Mai Yanagida

Personal information
- Full name: Mai Yanagida
- Born: 1 December 1992 (age 33) Kanagawa, Japan
- Height: 1.52 m (5 ft 0 in)
- Batting: Right-handed
- Bowling: Right-arm off break
- Role: Bowler

International information
- National side: Japan (2019–present);
- T20I debut (cap 11): 6 May 2019 v Indonesia
- Last T20I: 13 October 2024 v Hong Kong

Career statistics
| Competition | WT20I |
| Matches | 43 |
| Runs scored | 482 |
| Batting average | 15.06 |
| 100s/50s | 0/2 |
| Top score | 64* |
| Balls bowled | 509 |
| Wickets | 25 |
| Bowling average | 16.49 |
| 5 wickets in innings | 0 |
| 10 wickets in match | 0 |
| Best bowling | 4/8 |
| Catches/stumpings | 4/– |
- Source: ESPNcricinfo, 30 October 2024

= Mai Yanagida =

Japanese cricketer (born 1992)

Mai Yanagida (Note: Mai Yanagida (柳田舞, Yanagida Mai)) (born 1 December 1992) is a Japanese international cricketer.
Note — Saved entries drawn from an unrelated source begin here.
//! The question that the words of a report ask at a desk.
ghost use Rattle.std.specs.Prelude.{◌≡◌, None, IfOk, IsTrue, MatchResult, map, string_bytes};
ghost use Rattle.command_words.specs.Words.{texts_of};
ghost use Rattle.question_words.specs.Desk.{DeskAsks, IsDeskQuestion};
ghost use Rattle.question_words.specs.Questions.{faulty, names_station};

use crate::{Wanted, WantedFault, wanted_of};
use codes_core::NoMemory;
use command_words::Asked;
use command_words::desk::{asked, desk_line};
use reports::Question;
use std::alloc::Global;

/// Returns the question that the words ask at a desk. The first word is the report's name. None for
/// a usage error, for words that choose no report or one that a desk doesn't print, and if a value
/// is not in its form. Fails with `NoMemory`.
pub fn desk_question(alloc: Global, words: &[String]) -> Result<Option<Question>, NoMemory>
    ensures { IfOk result (DeskAsks (map string_bytes words.now)) }
{
    let words = borrowed(alloc, words)?;
    let line = desk_line(alloc, words.as_slice())?;
    match asked(alloc, line.as_slice())? {
        Some(asked) => question_of(alloc, asked),
        None => Ok(None),
    }
}

/// Returns the question of a report at a desk. None for a count list, and if a value is not in its
/// form. Fails with `NoMemory` only if the words name a station and no value is faulty.
pub fn question_of(alloc: Global, asked: Asked<'_>) -> Result<Option<Question>, NoMemory>
    ensures { MatchResult result
        (IsDeskQuestion asked.entry)
        (λ _. IsTrue (names_station asked.entry) × (faulty asked.entry ≡ None)) }
{
    match wanted_of(alloc, asked) {
        Ok(Wanted::Answer(question)) => Ok(Some(question)),
        Ok(Wanted::Count { .. }) => Ok(None),
        Err(WantedFault::Value(_)) => Ok(None),
        Err(WantedFault::NoMemory) => Err(NoMemory),
    }
}

/// The same words, borrowed.
fn borrowed(alloc: Global, texts: &[String]) -> Result<Vec<&str>, NoMemory>
    ensures { IfOk result (λ words. texts_of words.items ≡ map string_bytes texts.now) }
{
    let mut words = Vec::new(alloc);
    for text in texts {
        words.push(text.as_str())?;
    }
    Ok(words)
}
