//! Compares the spots, loan lines and last days of a whole store with those of a ledger.
ghost use Rattle.std.specs.Prelude.{◌≡◌, ◌&&◌, ◌∷◌, ◌++◌, [], true, false, map, IfOk, IfErr, OnOk};
ghost use Rattle.std.specs.Bool.{Decides};
ghost use Rattle.std.specs.List.Sorted.{IsPermutation};
ghost use Rattle.sqlite.specs.Held.{state};
ghost use Rattle.sqlite.specs.State.{HasCleanDisk};
ghost use Rattle.register_store.specs.Plain.{held_lines, term_rows};
ghost use Rattle.register_store.specs.Registers.{is_failure};
ghost use Rattle.register_store.specs.StoredRows as stored;
ghost use Rattle.register_store.specs.StoredRows.{HasRows, spot_row, line_row};
ghost use Rattle.register_sql.specs.Failing.{IsReading};
ghost use Rattle.register_sql.specs.Fits.{IsNoSpot};
ghost use Rattle.register_sql.specs.Found.{spots_shown, lines_shown, terms_shown, AreFound};
ghost use Rattle.register_sql.specs.Queries.{shown_in, IsPart};
ghost use Rattle.register_sql.specs.Rows.{AreRows};

use crate::mismatch::are_strange;
use crate::queries::{Query, read};
use crate::row_values::{line_of, spot_of, term_of};
use codes_core::{Day, LoanCode};
use indexmap::IndexMap;
use posting_core::{Ledger, LineStage, NewSpot};
use register_store::{LineKey, StoreFault, has_all, has_rows, lines_of, spot_rows, terms_of};
use sqlite::{Alter, Connection, Error, Row};
use std::alloc::Global;

/// Adds the spot of a row. Faults: Store if the row can't be a spot; NoMemory.
#[tactic(auto, using(crate::proofs::Agrees::more_spots))]
fn keep_spot(spots: &mut Vec<NewSpot>, row: &Row) -> Result<(), StoreFault>
    ensures kept { OnOk result
        (spots_shown spots.new.items ≡ spots_shown spots.old.items ++ row.now ∷ []) }
    ensures store { result ≡ Err StoreFault.Store → IsNoSpot row.now }
    ensures faults { IfErr result (λ fault. is_failure fault ≡ true) }
{
    let Some(spot) = spot_of(row) else {
        return Err(StoreFault::Store);
    };
    spots.push(spot)?;
    Ok(())
}

/// Adds the loan line of a row. Faults: Store if the row can't be a loan line, or if its loan and
/// object have one already; NoMemory.
fn keep_line(kept: &mut IndexMap<LineKey, LineStage>, row: &Row) -> Result<(), StoreFault>
    ensures kept { OnOk result
        (lines_shown kept.new.entries ≡ lines_shown kept.old.entries ++ row.now ∷ []) }
    ensures faults { IfErr result (λ fault. is_failure fault ≡ true) }
{
    let Some((key, stage)) = line_of(row) else {
        return Err(StoreFault::Store);
    };
    match kept.insert(key, stage) {
        Ok(None) => Ok(()),
        Ok(Some(_)) => Err(StoreFault::Store),
        Err(_) => Err(StoreFault::NoMemory),
    }
}

/// Adds the last day of a row. Faults: Store if the row can't be a last day, or if its loan has one
/// already; NoMemory.
fn keep_term(kept: &mut IndexMap<LoanCode, Day>, row: &Row) -> Result<(), StoreFault>
    ensures kept { OnOk result
        (terms_shown kept.new.entries ≡ terms_shown kept.old.entries ++ row.now ∷ []) }
    ensures faults { IfErr result (λ fault. is_failure fault ≡ true) }
{
    let Some((loan, day)) = term_of(row) else {
        return Err(StoreFault::Store);
    };
    match kept.insert(loan, day) {
        Ok(None) => Ok(()),
        Ok(Some(_)) => Err(StoreFault::Store),
        Err(_) => Err(StoreFault::NoMemory),
    }
}

/// Reads all rows as spots.
fn spots_in(alloc: Global, rows: &[Row]) -> Result<Vec<NewSpot>, StoreFault>
    ensures read { IfOk result (λ spots. spots_shown spots.items ≡ rows.now) }
    ensures faults { IfErr result (λ fault. is_failure fault ≡ true) }
{
    let mut spots = Vec::new(alloc);
    'rows: for row in rows {
        keep_spot(&mut spots, row)?;
    }
    Ok(spots)
}

/// Reads all rows as loan lines, by loan and object.
fn lines_in(alloc: Global, rows: &[Row]) -> Result<IndexMap<LineKey, LineStage>, StoreFault>
    ensures read { IfOk result (λ kept. lines_shown kept.entries ≡ rows.now) }
    ensures faults { IfErr result (λ fault. is_failure fault ≡ true) }
{
    let mut kept = IndexMap::new(alloc);
    'rows: for row in rows {
        keep_line(&mut kept, row)?;
    }
    Ok(kept)
}

/// Reads all rows as last days, by loan.
fn terms_in(alloc: Global, rows: &[Row]) -> Result<IndexMap<LoanCode, Day>, StoreFault>
    ensures read { IfOk result (λ kept. terms_shown kept.entries ≡ rows.now) }
    ensures faults { IfErr result (λ fault. is_failure fault ≡ true) }
{
    let mut kept = IndexMap::new(alloc);
    'rows: for row in rows {
        keep_term(&mut kept, row)?;
    }
    Ok(kept)
}

/// Whether all three are true.
fn are_all(spots: bool, lines: bool, terms: bool) -> bool
    ensures { result ≡ (spots && (lines && terms)) }
{
    spots && lines && terms
}

/// Returns whether these are the rows of the ledger. Sorts the spots.
fn are_rows(
    alloc: Global,
    spots: &mut Vec<NewSpot>,
    lines: &IndexMap<LineKey, LineStage>,
    terms: &IndexMap<LoanCode, Day>,
    ledger: &Ledger,
) -> Result<bool, StoreFault>
    ensures told { IfOk result
        (λ same. (c : stored.Content) → IsPermutation (map spot_row spots.old.items) c.spots
        → IsPermutation (map line_row (held_lines lines.now.entries)) c.lines
        → IsPermutation (term_rows terms.now.entries) c.terms
        → Decides same (HasRows ledger.now.museum ledger.now.posted c)) }
    ensures faults { IfErr result (λ fault. is_failure fault ≡ true) }
{
    let wanted_spots = spot_rows(alloc, ledger)?;
    let wanted_lines = lines_of(alloc, ledger)?;
    let wanted_terms = terms_of(alloc, ledger)?;
    ledger.is_lawful();
    let same_spots = has_rows(spots, &wanted_spots);
    let same_lines = has_all(lines, &wanted_lines);
    let same_terms = has_all(terms, &wanted_terms);
    Ok(are_all(same_spots, same_lines, same_terms))
}

/// Returns whether these are the rows of the ledger. Store if a row can't be read, or if two loan
/// lines or two last days have the same key.
fn compare_read(
    alloc: Global,
    spots: &[Row],
    lines: &[Row],
    terms: &[Row],
    ledger: &Ledger,
) -> Result<bool, StoreFault>
    ensures told { IfOk result
        (λ same. (c : stored.Content) → AreFound spots.now lines.now terms.now c
        → Decides same (HasRows ledger.now.museum ledger.now.posted c)) }
    ensures faults { IfErr result (λ fault. is_failure fault ≡ true) }
{
    let mut kept = spots_in(alloc, spots)?;
    let kept_lines = lines_in(alloc, lines)?;
    let kept_terms = terms_in(alloc, terms)?;
    let answer = are_rows(alloc, &mut kept, &kept_lines, &kept_terms, ledger);
    answer
}

/// The same for rows that `compare_read` rejected with Store: if one of them can't be a row of the
/// ledger, the answer is false. Otherwise the fault stays Store.
fn compare_unread(
    alloc: Global,
    spots: &[Row],
    lines: &[Row],
    terms: &[Row],
    ledger: &Ledger,
) -> Result<bool, StoreFault>
    ensures told { IfOk result
        (λ same. (c : stored.Content) → AreFound spots.now lines.now terms.now c
        → Decides same (HasRows ledger.now.museum ledger.now.posted c)) }
    ensures faults { IfErr result (λ fault. is_failure fault ≡ true) }
{
    let strange = are_strange(alloc, spots, lines, terms, ledger)?;
    if strange {
        return Ok(false);
    }
    Err(StoreFault::Store)
}

/// Returns whether these are the rows of the ledger. Store means that two rows have the same key,
/// though no clause promises that.
fn compare(
    alloc: Global,
    spots: &[Row],
    lines: &[Row],
    terms: &[Row],
    ledger: &Ledger,
) -> Result<bool, StoreFault>
    ensures told { IfOk result
        (λ same. (c : stored.Content) → AreFound spots.now lines.now terms.now c
        → Decides same (HasRows ledger.now.museum ledger.now.posted c)) }
    ensures faults { IfErr result (λ fault. is_failure fault ≡ true) }
{
    match compare_read(alloc, spots, lines, terms, ledger) {
        Err(StoreFault::Store) => compare_unread(alloc, spots, lines, terms, ledger),
        answer => answer,
    }
}

/// Reads the rows of the loan lines and of the last days.
fn loan_rows<S: Alter>(conn: &mut Connection<S>) -> Result<(Vec<Row>, Vec<Row>), Error>
    requires part { HasCleanDisk (state S.Store conn.old) → IsPart 6 (state S.Store conn.old) }
    ensures rows { HasCleanDisk (state S.Store conn.new) → IfOk result (λ rows.
        IsPermutation (shown_in Query.Lines (state S.Store conn.old).now.trees) rows.0.items
        × IsPermutation (shown_in Query.Terms (state S.Store conn.old).now.trees) rows.1.items) }
    ensures reading { IsReading (state S.Store conn.old) (state S.Store conn.new) result }
{
    let lines = read(conn, Query::Lines, 6)?;
    let terms = read(conn, Query::Terms, 6)?;
    Ok((lines, terms))
}

/// Returns whether the store's rows of spots, loan lines and last days are exactly those of the
/// ledger. The outer error is that of a failed statement. The store stays as it was.
pub(crate) fn agrees<S: Alter>(
    alloc: Global,
    conn: &mut Connection<S>,
    ledger: &Ledger,
) -> Result<Result<bool, StoreFault>, Error>
    requires part { HasCleanDisk (state S.Store conn.old) → IsPart 6 (state S.Store conn.old) }
    ensures told { HasCleanDisk (state S.Store conn.new)
        → IfOk result (λ answer. IfOk answer (λ same.
        (c : stored.Content) → AreRows (state S.Store conn.old).now.trees c
        → Decides same (HasRows ledger.now.museum ledger.now.posted c))) }
    ensures faults { IfOk result (λ answer. IfErr answer (λ fault. is_failure fault ≡ true)) }
    ensures reading { IsReading (state S.Store conn.old) (state S.Store conn.new) result }
{
    let spots = read(conn, Query::Spots, 6)?;
    let loans = loan_rows(conn)?;
    let answer = compare(alloc, &spots, &loans.0, &loans.1, ledger);
    Ok(answer)
}
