//! Finds the version of a store, by its rows in `meta`.
ghost use Rattle.std.specs.Prelude.{◌≡◌, pos, codes};
ghost use Rattle.std.specs.Bool.{Decides};
ghost use Rattle.register_sql.specs.Ages.{version_row, LacksRow, IsFirst, IsAged};
ghost use Rattle.register_sql.specs.Rows.{meta_cells};
ghost use Rattle.register_sql.specs.Says.{HasOther};

use crate::identity::{has_other, is_meta};
use sqlite::Row;

/// The version of a store.
#[derive(Clone, Copy)]
pub(crate) enum Age {
    /// `meta` has no rows: the store is new.
    New,
    /// A row has version 2.
    Second,
    /// The rows are version 1 and the depth limit 8.
    First,
    /// A row has another version, and none has 1 or 2.
    Other,
    /// Anything else.
    Damaged,
}

/// Whether no row has this version.
fn lacks_version(rows: &[Row], version: u32) -> bool
    ensures { Decides result (LacksRow version rows.now) }
{
    'rows: for row in rows {
        if is_meta(row, "version", version) {
            return false;
        }
    }
    true
}

/// Whether the first row has version 1 and the second the depth limit 8.
fn are_first_pair(version: &Row, depth: &Row) -> bool
    ensures { Decides result
        ((version.now ≡ meta_cells (version_row 1))
        × (depth.now ≡ meta_cells (record { name = codes "depth"; val = pos 8 }))) }
{
    is_meta(version, "version", 1) && is_meta(depth, "depth", 8)
}

/// Whether these are the two rows of a store of version 1, in any order.
fn are_first(rows: &[Row]) -> bool
    ensures { Decides result (IsFirst rows.now) }
{
    match rows {
        [a, b] => are_first_pair(a, b) || are_first_pair(b, a),
        _ => false,
    }
}

/// Whether a row has a version other than 1 and 2. The caller has checked that none has 2.
fn says_another(rows: &[Row]) -> bool
    ensures { Decides result (HasOther rows.now × LacksRow 1 rows.now) }
{
    has_other(rows) && lacks_version(rows, 1)
}

/// Finds the version in the rows of `meta`.
pub(crate) fn age_of(rows: &[Row]) -> Age
    ensures { IsAged rows.now result }
{
    if rows.is_empty() {
        return Age::New;
    }
    if !lacks_version(rows, 2) {
        return Age::Second;
    }
    if are_first(rows) {
        return Age::First;
    }
    if says_another(rows) {
        return Age::Other;
    }
    Age::Damaged
}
In April 2019, she captained Japan's squad in the 2019 ICC Women's Qualifier EAP tournament in Vanuatu. She made her Women's Twenty20 International (WT20I) debut against Indonesia in the Women's East Asia-Pacific Qualifier tournament on 6 May 2019, which was also the debut match for the rest of the Japanese playing eleven. Yanagida captained the team during her debut match. She also played for the national team in the 2013 ICC Women's World Twenty20 Qualifier, and was part of her country's team at the 2014 Asian Games in Incheon, South Korea.

Born in Kanagawa, Yanagida played softball in her youth and first played cricket as a student at Waseda University.